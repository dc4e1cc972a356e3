//! What the pointer and keys do to buttons (button(n)).
ghost use Rattle.std.specs.Prelude.{◌≡◌, IfOk, OnOk, codes};
ghost use Rattle.std.specs.Option.{option_copied};
ghost use Rattle.tk_class_commands.specs.Buttons as spec;
ghost use Rattle.tk_inputs.specs.Shared as inputs_of;
ghost use Rattle.tk_screen.specs.Shared.{LeavesOthers, own_of};

use crate::changes::make;
use crate::outcome::{ClassOutcome, nothing};
use std::alloc::{AllocError, Global};
use tcl_text::{Text, TextList};
use tk_base::Win;
use tk_inputs::Inputs;
use tk_options::{OptionFault, Settings};
use tk_screen::Screen;
use tk_widgets::{Widget, WidgetAct, WidgetChange};

/// What is done to a button.
#[derive(Clone, Copy)]
pub enum ButtonRequest {
    /// The pointer comes over it.
    Enter,
    /// The pointer leaves it.
    Leave,
    /// It is pressed.
    Press,
    /// It is let go.
    Release,
    /// It is invoked by a key.
    Invoke,
}

/// Does it.
#[tactic(auto, unfolding(crate::specs::Buttons::act))]
pub fn act(
    alloc: Global,
    screen: &mut Screen,
    inputs: &mut Inputs,
    win: Win,
    request: ButtonRequest,
) -> Result<ClassOutcome, AllocError>
    ensures own { IfOk result (λ outcome. spec.told (own_of win.owner screen.new) (inputs_of.own_of win.owner inputs.new) outcome
        ≡ spec.act request win.number (own_of win.owner screen.old) (inputs_of.own_of win.owner inputs.old)) }
    ensures screen { LeavesOthers win.owner screen.old screen.new }
    ensures inputs { inputs_of.LeavesOthers win.owner inputs.old inputs.new }
{
    match request {
        ButtonRequest::Enter => enter(alloc, screen, inputs, win),
        ButtonRequest::Leave => leave(alloc, screen, inputs, win),
        ButtonRequest::Press => press(alloc, screen, inputs, win),
        ButtonRequest::Release => release(alloc, screen, inputs, win),
        ButtonRequest::Invoke => invoke(alloc, screen, win),
    }
}

/// The pointer comes over a button: it is sunken again if it is pressed.
fn enter(
    alloc: Global,
    screen: &mut Screen,
    inputs: &mut Inputs,
    win: Win,
) -> Result<ClassOutcome, AllocError>
    ensures own { IfOk result (λ outcome. spec.told (own_of win.owner screen.new) (inputs_of.own_of win.owner inputs.new) outcome
        ≡ spec.pointer_entered win.number (own_of win.owner screen.old) (inputs_of.own_of win.owner inputs.old)) }
    ensures screen { LeavesOthers win.owner screen.old screen.new }
    ensures inputs { inputs_of.LeavesOthers win.owner inputs.old inputs.new }
{
    if is_pressed(inputs, win) {
        sink(alloc, screen, win)?;
    }
    inputs.enter(win.owner, win.number)?;
    Ok(nothing())
}

/// The pointer leaves a button: it has the relief that it had before it was pressed.
fn leave(
    alloc: Global,
    screen: &mut Screen,
    inputs: &mut Inputs,
    win: Win,
) -> Result<ClassOutcome, AllocError>
    ensures own { IfOk result (λ outcome. spec.told (own_of win.owner screen.new) (inputs_of.own_of win.owner inputs.new) outcome
        ≡ spec.pointer_left win.number (own_of win.owner screen.old) (inputs_of.own_of win.owner inputs.old)) }
    ensures screen { LeavesOthers win.owner screen.old screen.new }
    ensures inputs { inputs_of.LeavesOthers win.owner inputs.old inputs.new }
{
    if is_pressed(inputs, win) {
        restore(alloc, screen, inputs, win)?;
    }
    inputs.leave(win.owner, win.number)?;
    Ok(nothing())
}

/// A button is pressed, unless it is disabled: it is sunken, and its relief is kept.
fn press(
    alloc: Global,
    screen: &mut Screen,
    inputs: &mut Inputs,
    win: Win,
) -> Result<ClassOutcome, AllocError>
    ensures own { IfOk result (λ outcome. spec.told (own_of win.owner screen.new) (inputs_of.own_of win.owner inputs.new) outcome
        ≡ spec.pressed win.number (own_of win.owner screen.old) (inputs_of.own_of win.owner inputs.old)) }
    ensures screen { LeavesOthers win.owner screen.old screen.new }
    ensures inputs { inputs_of.LeavesOthers win.owner inputs.old inputs.new }
{
    if let Some(relief) = relief_to_keep(alloc, screen, win)? {
        sink(alloc, screen, win)?;
        inputs.press(win.owner, win.number, relief)?;
    }
    Ok(nothing())
}

/// A button is let go, if it is pressed: it has its relief again, and is invoked where the pointer is over it.
fn release(
    alloc: Global,
    screen: &mut Screen,
    inputs: &mut Inputs,
    win: Win,
) -> Result<ClassOutcome, AllocError>
    ensures own { IfOk result (λ outcome. spec.told (own_of win.owner screen.new) (inputs_of.own_of win.owner inputs.new) outcome
        ≡ spec.let_go win.number (own_of win.owner screen.old) (inputs_of.own_of win.owner inputs.old)) }
    ensures screen { LeavesOthers win.owner screen.old screen.new }
    ensures inputs { inputs_of.LeavesOthers win.owner inputs.old inputs.new }
{
    if !is_pressed(inputs, win) {
        return Ok(nothing());
    }
    restore(alloc, screen, inputs, win)?;
    inputs.release(win.owner)?;
    if is_over(inputs, win) {
        return invoke(alloc, screen, win);
    }
    Ok(nothing())
}

/// What `invoke` of a button does: nothing where it is disabled, and else it runs its command.
fn invoke(alloc: Global, screen: &Screen, win: Win) -> Result<ClassOutcome, AllocError>
    ensures { IfOk result (λ outcome. outcome ≡ spec.invoked_at win.number (own_of win.owner screen.now)) }
{
    let Some(widget) = screen.widget(win) else {
        return Ok(nothing());
    };
    match widget.invoked() {
        Some(script) => Ok(ClassOutcome::Acts(WidgetAct::Script(script.copy()?))),
        None => Ok(nothing()),
    }
}

/// Whether the button is pressed.
fn is_pressed(inputs: &Inputs, win: Win) -> bool
    ensures { result ≡ spec.is_it win.number (inputs_of.own_of win.owner inputs.now).pressed }
{
    is_it(win.number, inputs.pressed(win.owner))
}

/// Whether the pointer is over the button.
fn is_over(inputs: &Inputs, win: Win) -> bool
    ensures { result ≡ spec.is_it win.number (inputs_of.own_of win.owner inputs.now).over }
{
    is_it(win.number, inputs.over(win.owner))
}

/// Whether it is the button that is kept.
fn is_it(number: u64, kept: Option<u64>) -> bool
    ensures { result ≡ spec.is_it number kept }
{
    match kept {
        Some(other) => other == number,
        None => false,
    }
}

/// The relief of a button that can be pressed.
fn relief_to_keep(alloc: Global, screen: &Screen, win: Win) -> Result<Option<Text>, AllocError>
    ensures { IfOk result (λ relief. relief ≡ spec.relief_to_keep win.number (own_of win.owner screen.now)) }
{
    match screen.widget(win) {
        Some(button) => {
            if button.is_disabled() {
                return Ok(None);
            }
            Ok(Some(button.relief(alloc)?))
        }
        None => Ok(None),
    }
}

/// Makes the relief of a button sunken.
fn sink(alloc: Global, screen: &mut Screen, win: Win) -> Result<(), AllocError>
    ensures own { OnOk result (own_of win.owner screen.new ≡ spec.with_relief win.number (codes "sunken") (own_of win.owner screen.old)) }
    ensures others { LeavesOthers win.owner screen.old screen.new }
{
    put_relief(alloc, screen, win, Text::of_short(alloc, "sunken")?)
}

/// Gives a button the relief again that it had when it was pressed.
fn restore(alloc: Global, screen: &mut Screen, inputs: &Inputs, win: Win) -> Result<(), AllocError>
    ensures own { OnOk result (own_of win.owner screen.new
        ≡ spec.restored win.number (inputs_of.own_of win.owner inputs.now).relief (own_of win.owner screen.old)) }
    ensures others { LeavesOthers win.owner screen.old screen.new }
{
    if let Some(relief) = inputs.relief(win.owner) {
        put_relief(alloc, screen, win, relief.copy()?)?;
    }
    Ok(())
}

/// Gives a button a relief, as `configure -relief RELIEF` does.
fn put_relief(alloc: Global, screen: &mut Screen, win: Win, relief: Text) -> Result<(), AllocError>
    ensures own { OnOk result (own_of win.owner screen.new ≡ spec.with_relief win.number relief (own_of win.owner screen.old)) }
    ensures others { LeavesOthers win.owner screen.old screen.new }
{
    let Some(widget) = screen.widget(win) else {
        return Ok(());
    };
    match relief_settings(alloc, widget, relief)? {
        Some(all) => make(alloc, screen, win, WidgetChange::Configure(all)),
        None => Ok(()),
    }
}

/// What sets a widget's relief, if it takes that.
#[tactic(auto, unfolding(crate::specs::Buttons::relief_settings))]
fn relief_settings(
    alloc: Global,
    widget: &Widget,
    relief: Text,
) -> Result<Option<Settings>, AllocError>
    ensures { IfOk result (λ all. all ≡ spec.relief_settings relief widget.now) }
{
    let mut words = TextList::new(alloc);
    words.push(Text::of_short(alloc, "-relief")?)?;
    words.push(relief)?;
    match widget.options.settings(alloc, words.as_slice()) {
        Ok(all) => Ok(Some(all)),
        Err(OptionFault::NoMemory) => Err(AllocError),
        Err(_) => Ok(None),
    }
}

━━━━━━━━━━

◆ The problem: I need every line of the data that has the word "sunken"; please list them.

◆ Finished task:
/// The pointer comes over a button: it is sunken again if it is pressed.
/// A button is pressed, unless it is disabled: it is sunken, and its relief is kept.
/// Makes the relief of a button sunken.
    ensures own { OnOk result (own_of win.owner screen.new ≡ spec.with_relief win.number (codes "sunken") (own_of win.owner screen.old)) }
    put_relief(alloc, screen, win, Text::of_short(alloc, "sunken")?)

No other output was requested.